Field-level encryption enables scale by segmenting access
Now that we understand the sysadmin problem, we can look at how field-level encryption mitigates it. With FLE, the application encrypts data before ever sending it to the database—and the database stores it exactly as-is. Similarly, when encrypted data is queried, it’s retrieved and sent back to the application still encrypted—decryption never happens at the server level, and in fact, the server doesn’t have access to the keys necessary to decrypt it.
With data securely encrypted before ever hitting the database—and never being decrypted until it comes back from the database—the sysadmin problem is largely solved, whether discussing sysadmins or DBAs. A system administrator with local root access can stop, start, and upgrade services without ever getting access to the data—and a database administrator can view and replay running queries without seeing the private contents, either.
To be fair, we’ve only kicked this particular can a little further down the road.
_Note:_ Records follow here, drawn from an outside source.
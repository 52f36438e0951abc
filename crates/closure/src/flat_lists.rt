ghost use Rattle.std.specs.Prelude.{◌≡◌, Some, IfOk, IfErr, OnOk};
ghost use Rattle.closure.specs.Checked.{IsRankedWithPolicy};
ghost use Rattle.fw_rule.specs.declared.rule.Verdict.{Verdict};
ghost use Rattle.fw_rule.specs.Walk.{policy_of};
ghost use Rattle.closure.specs.Rewriting.{chain_tree};
ghost use Rattle.closure.specs.Flat.{flat_list};
ghost use Rattle.closure.specs.Limits.{IsSmall, Passes};
ghost use Rattle.closure.specs.Sides.{ClosesTo};
ghost use Rattle.closure.specs.Sources.{AreKnown};
ghost use Rattle.closure.specs.declared.flat_lists.FlatFault.TheVariants.{Memory};

use crate::counting::count_nodes;
use crate::flattening::flat_rules;
use crate::totals::count_literals;
use chain_graph::Ranked;
use fw_rule::{Dump, Side};
use limits::{MOST_LITERALS, MOST_NODES};
use match_expr::{FlatRule, List, Primitive};
use std::alloc::{AllocError, Global};
use thiserror::Error;

/// Why a flat list isn't made.
#[derive(Clone, Copy, Debug, PartialEq, Eq, Error)]
pub enum FlatFault {
    /// The rewritten tree has more than 262,144 items.
    #[error("too many nodes")]
    Nodes,
    /// The tree keeps to its limit, and the flat list has more than 4,194,304 literals, repeats counted.
    #[error("too many literals")]
    Literals,
    /// Memory ran out.
    #[error("out of memory")]
    Memory,
}

impl From<AllocError> for FlatFault {
    ghost from_gives = { λ _ e. e ≡ Memory };

    fn from(_: AllocError) -> Self {
        FlatFault::Memory
    }
}

/// The flat list of a chain: read by first match, with the chain's policy at its end, it accepts exactly what may (Upper) or must (Lower) be accepted.
/// Each primitive in it stands in a known literal of a rule of a reachable chain.
///
/// `ranked` is what a check of the chain answers, and the chain has a policy. `Nodes` comes exactly where the tree has
/// more than 262,144 items, and `Literals` exactly where it hasn't and the list has more than 4,194,304 literals. Both
/// are counted before the list is built.
pub fn flat<P: Primitive>(
    alloc: Global,
    dump: &Dump<P>,
    ranked: &Ranked,
    chain: u32,
    side: Side,
) -> Result<List<FlatRule<P>>, FlatFault>
    requires { IsRankedWithPolicy dump.now chain ranked.now }
    ensures is { IfOk result (λ rules. rules ≡ flat_list (chain_tree side dump.now chain)) }
    ensures small { OnOk result (IsSmall (chain_tree side dump.now chain)) }
    ensures refused { IfErr result (λ fault. Passes (chain_tree side dump.now chain) fault) }
    ensures sources { IfOk result (λ rules. AreKnown dump.now chain rules) }
    ensures closes { IfOk result (λ rules. (policy : Verdict) → policy_of dump.now chain ≡ Some policy → ClosesTo P.meaning side dump.now chain policy rules) }
{
    if count_nodes(alloc, dump, ranked, chain, side)? > MOST_NODES {
        return Err(FlatFault::Nodes);
    }
    if count_literals(alloc, dump, ranked, chain, side)? > MOST_LITERALS {
        return Err(FlatFault::Literals);
    }
    let rules = flat_rules(alloc, dump, ranked, chain, side)?;
    Ok(rules)
}
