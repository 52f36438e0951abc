ghost use Rattle.std.specs.Prelude.{◌≡◌, ◌++◌, ◌∷◌, [], map, IfOk};
ghost use Rattle.closure.specs.Checked.{IsRankedWithPolicy};
ghost use Rattle.closure.specs.Rewriting.{chain_tree};
ghost use Rattle.closure.specs.Flat.{flat_list};
ghost use Rattle.closure.specs.inner.Parts.{rule_of_parts};

use crate::cutting::State;
use crate::modes::Parts;
use crate::parts::{behind, push_copies};
use crate::streaming::states_of;
use chain_graph::Ranked;
use fw_rule::{Dump, Side};
use match_expr::{Boxed, Expr, FlatRule, Items, List, Primitive};
use std::alloc::{AllocError, Global};

impl<P: Primitive> State<P> for Parts<P> {
    ghost use Rattle.std.specs.Prelude.{[], ◌∷◌, ◌++◌};

    ghost left = { λ s e. record { parts = s.parts ++ e ∷ [] } };

    fn cut(&self, alloc: Global, e: &Expr<P>) -> Result<Parts<P>, AllocError> {
        let parts = behind(alloc, self.parts.as_slice(), e)?;
        Ok(Parts {
            parts: List::of(parts),
        })
    }

    fn cut_not(&self, alloc: Global, e: &Expr<P>) -> Result<Parts<P>, AllocError> {
        let mut parts = Vec::new(alloc);
        push_copies(alloc, &mut parts, self.parts.as_slice())?;
        parts.push(Expr::Not(Boxed::new(alloc, e.copy(alloc)?)?))?;
        Ok(Parts {
            parts: List::of(parts),
        })
    }
}

/// The flat rules of these parts and verdicts.
fn rules_of_parts<P: Primitive>(
    alloc: Global,
    states: Vec<(Parts<P>, bool)>,
) -> Result<Vec<FlatRule<P>>, AllocError>
    ensures { IfOk result (λ rules. rules.items ≡ map rule_of_parts states.items) }
{
    let mut rules = Vec::new(alloc);
    for (parts, accept) in states {
        rules.push(FlatRule {
            expr: Expr::All(Items::from_vec(parts.parts.into_vec())),
            accept,
        })?;
    }
    Ok(rules)
}

/// The flat list of a chain.
pub fn flat_rules<P: Primitive>(
    alloc: Global,
    dump: &Dump<P>,
    ranked: &Ranked,
    chain: u32,
    side: Side,
) -> Result<List<FlatRule<P>>, AllocError>
    requires { IsRankedWithPolicy dump.now chain ranked.now }
    ensures { IfOk result (λ rules. rules ≡ flat_list (chain_tree side dump.now chain)) }
{
    let start = Parts {
        parts: List::of(Vec::new(alloc)),
    };
    let states = states_of(alloc, dump, ranked, chain, side, start)?;
    let rules = rules_of_parts(alloc, states)?;
    Ok(List::of(rules))
}
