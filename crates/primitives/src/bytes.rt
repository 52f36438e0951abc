ghost use Rattle.std.specs.Prelude.{◌≡◌};
ghost use Rattle.primitives.specs.Bytes.{is_plain_byte};

/// Whether a name may hold the byte as it is, shown or printed: an ASCII letter, a digit, or one of `._+:@/-`.
pub fn is_plain_byte(byte: u8) -> bool
    ensures { result ≡ is_plain_byte byte }
{
    matches!(byte, b'0'..=b'9' | b'A'..=b'Z' | b'a'..=b'z' | b'.' | b'_' | b'+' | b':' | b'@' | b'/' | b'-')
}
Sysadmins and developers with access to the production application server can still see data they shouldn’t—the application itself must handle the raw data, after all.
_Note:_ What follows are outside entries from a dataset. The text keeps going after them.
ghost use Rattle.std.specs.Prelude.{◌≡◌, ◌<◌, ◌+◌, ◌-◌, ◌^◌, [], min, map, IfOk, OnOk};
ghost use Rattle.match_expr.specs.declared.expr.Expr.{Expr};
ghost use Rattle.match_expr.specs.Meaning.{literal_count};
ghost use Rattle.fw_rule.specs.Matching.{known_of};
ghost use Rattle.fw_rule.specs.Walk.{InSettled, RuleOf, Within};
ghost use Rattle.closure.specs.Checked.{IsRankedWithPolicy};
ghost use Rattle.closure.specs.inner.Counts.{capped};
ghost use Rattle.closure.specs.inner.Totals.{lit_count, total_of, with_literals};
ghost use Rattle.closure.specs.inner.Ways.{way_of};
ghost use Rattle.closure.specs.Rewriting.{Tree, Block, chain_tree, to_the_end};
ghost use Rattle.closure.specs.inner.Items.{items_from, items_with};
ghost use Rattle.rewriting.specs.Table.{level};
ghost use Rattle.closure.specs.inner.Moves.{then_leave};
ghost use Rattle.closure.specs.inner.Tallies.{Counts};
ghost use Rattle.closure.specs.inner.Skips.{AreSkips};
ghost use Rattle.closure.specs.Flat.{escapes, flat_list, literals_in};
ghost use Rattle.closure.specs.Stream.{stream};

use crate::modes::RulesFrom;
use crate::ranks::rank_of;
use crate::skips::{Skips, first_item, skips_of};
use crate::streaming::{led_to, softest};
use crate::tally::{Tally, no_tally};
use chain_graph::Ranked;
use fw_rule::{Dump, Lit, Rule, Side, doubtful};
use match_expr::Primitive;
use rewriting::{Mode, Row, kind_of, row_of};
use std::alloc::{AllocError, Global};

/// The number of primitives of a known literal; 0 of an unknown one. It stops at 2^64 - 1.
fn lit_literals<P: Primitive>(lit: &Lit<P>) -> u64
    ensures { result ≡ capped (lit_count lit.now) }
{
    match lit {
        Lit::Known { expr, .. } => expr.literals(),
        Lit::Unknown(_) => 0,
    }
}

/// The number of literals of the known part of a rule. It stops at 2^64 - 1.
fn known_literals<P: Primitive>(rule: &Rule<P>) -> u64
    ensures { result ≡ capped (literal_count (known_of rule.now)) }
{
    let mut count: u64 = 0;
    for lit in rule.lits.as_slice() {
        count = count.saturating_add(lit_literals(lit));
    }
    count
}

/// Counts a block of these rules under an expression of so many literals.
#[cycle(counting)]
fn count_block<P: Primitive>(
    alloc: Global,
    dump: &Dump<P>,
    side: Side,
    table: &[Skips],
    block: RulesFrom,
    literals: u64,
    around: u64,
    tally: &mut Tally,
) -> Result<(), AllocError>
    requires settled { InSettled dump.now block.chain }
    requires within { Within dump.now block.depth block.chain }
    requires room { level block.mode + block.depth < 2 ^ 32 }
    requires table { AreSkips side dump.now table.now }
    ensures { OnOk result ((e : Expr P) → literals ≡ capped (literal_count e) → (behind : Tree P) → Counts around (Block e (items_from side dump.now block) behind) behind tally.old tally.new) }
{
    let whole = around.saturating_add(tally.past).saturating_add(literals);
    let inner = count_from(alloc, dump, side, table, block, whole)?;
    tally.run(literals, &inner)?;
    Ok(())
}

/// Counts such a block and a way out of the block around it.
#[cycle(counting)]
fn count_and_leave<P: Primitive>(
    alloc: Global,
    dump: &Dump<P>,
    side: Side,
    table: &[Skips],
    block: RulesFrom,
    literals: u64,
    around: u64,
    tally: &mut Tally,
) -> Result<(), AllocError>
    requires settled { InSettled dump.now block.chain }
    requires within { Within dump.now block.depth block.chain }
    requires room { level block.mode + block.depth < 2 ^ 32 }
    requires table { AreSkips side dump.now table.now }
    ensures { OnOk result ((e : Expr P) → literals ≡ capped (literal_count e) → (behind : Tree P) → Counts around (then_leave e (items_from side dump.now block) behind) behind tally.old tally.new) }
{
    count_block(alloc, dump, side, table, block, literals, around, tally)?;
    tally.leave(literals, 0)?;
    Ok(())
}

/// What is counted of a chain to its end: of its rules as a block, behind which the block around it is left.
#[cycle(counting)]
fn count_to_the_end<P: Primitive>(
    alloc: Global,
    dump: &Dump<P>,
    side: Side,
    table: &[Skips],
    from: RulesFrom,
    around: u64,
) -> Result<Tally, AllocError>
    requires settled { InSettled dump.now from.chain }
    requires within { Within dump.now from.depth from.chain }
    requires room { level from.mode + from.depth < 2 ^ 32 }
    requires table { AreSkips side dump.now table.now }
    ensures total { IfOk result (λ tally. tally.total ≡ capped (total_of (stream with_literals around (to_the_end (items_from side dump.now from))))) }
    ensures ways { IfOk result (λ tally. tally.ways.items ≡ map way_of (escapes [] (to_the_end (items_from side dump.now from)))) }
{
    let mut tally = no_tally(alloc);
    count_block(alloc, dump, side, table, from, 0, around, &mut tally)?;
    tally.leave(0, 1)?;
    Ok(tally)
}

/// Counts a block under an expression in which a chain is gone through to its end.
#[cycle(counting)]
fn count_end_block<P: Primitive>(
    alloc: Global,
    dump: &Dump<P>,
    side: Side,
    table: &[Skips],
    block: RulesFrom,
    literals: u64,
    around: u64,
    tally: &mut Tally,
) -> Result<(), AllocError>
    requires settled { InSettled dump.now block.chain }
    requires within { Within dump.now block.depth block.chain }
    requires room { level block.mode + block.depth < 2 ^ 32 }
    requires table { AreSkips side dump.now table.now }
    ensures { OnOk result ((e : Expr P) → literals ≡ capped (literal_count e) → (behind : Tree P) → Counts around (Block e (to_the_end (items_from side dump.now block)) behind) behind tally.old tally.new) }
{
    let whole = around.saturating_add(tally.past).saturating_add(literals);
    let inner = count_to_the_end(alloc, dump, side, table, block, whole)?;
    tally.run(literals, &inner)?;
    Ok(())
}

/// Counts a rule, which stands before the others.
#[cycle(counting)]
fn count_rule<P: Primitive>(
    alloc: Global,
    dump: &Dump<P>,
    side: Side,
    table: &[Skips],
    behind: RulesFrom,
    rule: &Rule<P>,
    around: u64,
    tally: &mut Tally,
) -> Result<(), AllocError>
    requires settled { InSettled dump.now behind.chain }
    requires within { Within dump.now behind.depth behind.chain }
    requires room { level behind.mode + behind.depth < 2 ^ 32 }
    requires table { AreSkips side dump.now table.now }
    requires rule { RuleOf dump.now behind.chain rule.now }
    ensures { OnOk result (Counts around (items_with side dump.now rule.now behind) (items_from side dump.now behind) tally.old tally.new) }
{
    let literals = known_literals(rule);
    let kind = kind_of(side, &rule.action);
    match row_of(side, kind, doubtful(rule), behind.mode) {
        Row::Skip => {}
        Row::Decide(_accept) => {
            let whole = around.saturating_add(tally.past).saturating_add(literals);
            tally.total = tally.total.saturating_add(whole);
        }
        Row::Leave(n) => tally.leave(literals, n)?,
        Row::LeaveLater => {
            let rest = softest(behind);
            count_and_leave(alloc, dump, side, table, rest, literals, around, tally)?;
        }
        Row::Run(callee, mode) => {
            let called = led_to(behind, callee, mode);
            count_block(alloc, dump, side, table, called, literals, around, tally)?;
        }
        Row::RunThenLeave(target, mode) => {
            let gone = led_to(behind, target, mode);
            count_and_leave(alloc, dump, side, table, gone, literals, around, tally)?;
        }
        Row::RunLater(target) => {
            let rest = softest(behind);
            count_block(alloc, dump, side, table, rest, literals, around, tally)?;
            let gone = led_to(behind, target, Mode::Soft(1));
            count_end_block(alloc, dump, side, table, gone, literals, around, tally)?;
        }
    }
    Ok(())
}

/// What is counted of these rules, where `around` literals stand around them. A rule that gives no item isn't looked at.
#[cycle(counting)]
fn count_from<P: Primitive>(
    alloc: Global,
    dump: &Dump<P>,
    side: Side,
    table: &[Skips],
    from: RulesFrom,
    around: u64,
) -> Result<Tally, AllocError>
    requires settled { InSettled dump.now from.chain }
    requires within { Within dump.now from.depth from.chain }
    requires room { level from.mode + from.depth < 2 ^ 32 }
    requires table { AreSkips side dump.now table.now }
    ensures total { IfOk result (λ tally. tally.total ≡ capped (total_of (stream with_literals around (items_from side dump.now from)))) }
    ensures ways { IfOk result (λ tally. tally.ways.items ≡ map way_of (escapes [] (items_from side dump.now from))) }
{
    let rules = dump.chains.as_slice()[from.chain as usize].rules.as_slice();
    let mut tally = no_tally(alloc);
    let mut next = first_item(dump, side, table, from.chain, from.first, from.mode);
    while next < rules.len() {
        let rule = &rules[next];
        let behind = RulesFrom {
            first: next + 1,
            ..from
        };
        count_rule(alloc, dump, side, table, behind, rule, around, &mut tally)?;
        next = first_item(dump, side, table, from.chain, next + 1, from.mode);
    }
    Ok(tally)
}

/// The number of literals of a chain's flat list, repeats counted. It stops at 2^64 - 1. Nothing is built but, for each chain's rules, where the next one stands that gives an item: the rules
/// that do are passed as often as their items stand in the tree, and of an escape its number of literals alone is kept.
pub fn count_literals<P: Primitive>(
    alloc: Global,
    dump: &Dump<P>,
    ranked: &Ranked,
    chain: u32,
    side: Side,
) -> Result<u64, AllocError>
    requires { IsRankedWithPolicy dump.now chain ranked.now }
    ensures { IfOk result (λ n. n ≡ min (literals_in (flat_list (chain_tree side dump.now chain))) (2 ^ 64 - 1)) }
{
    let table = skips_of(alloc, dump, side)?;
    let whole = RulesFrom {
        chain,
        first: 0,
        depth: rank_of(ranked, chain),
        mode: Mode::Hard,
    };
    let tally = count_from(alloc, dump, side, table.as_slice(), whole, 0)?;
    Ok(tally.total)
}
The segmentation is still meaningful, however, since it enables the use of automatically provisioned and third-party-monitored services like MongoDB’s Atlas. Without field-level encryption, HIPAA would have a field day with any vendor who tried to store protected health information in a third-party-managed cloud service.
With FLE, however, the database side of the application can be considered non-confidential. This in turn enables the vendor who is responsible for the data to leverage the concentrated, high-level expertise of a database as a service provider. The vendor also reduces the scope of systems and equipment subject to expensive HIPAA (or other regulatory statutes) physical and network security rules.
Design goals and methods
There are at least two questions that should always be asked about encryption—how much does it impact performance, and more importantly, is it really secure? MongoDB’s performance goal for FLE was a latency impact of 10 percent or less. In internal testing using standard industry database benchmarks, net impact on high-volume, read-intensive workloads was five to 10 percent.
Equally important, applications that didn’t use encrypted fields didn’t take a hit. Applications that only encrypt sensitive data—for example, encrypting Social Security numbers while leaving names in cleartext—in turn see less impact than those that encrypt entire documents as a whole.
When we interviewed MongoDB’s Kenn White, he also stressed that the crypto itself wasn’t something just cooked up on the fly and in-house. The company hired several teams of well-respected cryptography experts, drawn from academic and industry backgrounds. It also commissioned a third-party audit of encryption and application security from the well-known security firm Teserakt, which received attention recently for its own ambitious E4 protocol, designed to provide in-flight encryption to embedded devices.
Beyond getting the crypto and the performance right, one of the most important goals MongoDB had for FLE was to make certain everyone could use it, with minimal barriers to adoption. This meant designing custom APIs for seven of the most-popular application-development platforms used with MongoDB—including Node.js, Python, Java, .NET, and Go.
Although we focused heavily on MongoDB here, it’s not the only—or even the first—database technology providing FLE. A competing NoSQL database platform named Couchbase implemented FLE a year earlier, and Amazon introduced FLE in its CloudFront DBaaS in late 2017.
Just as salted one-way hashing rapidly became the mandatory standard for password storage, we expect that field-level encryption will become a mandatory feature for databases that handle sensitive or confidential information and for the same reasons—protecting it not only from outside attackers but from legitimate system and infrastructure administrators as well.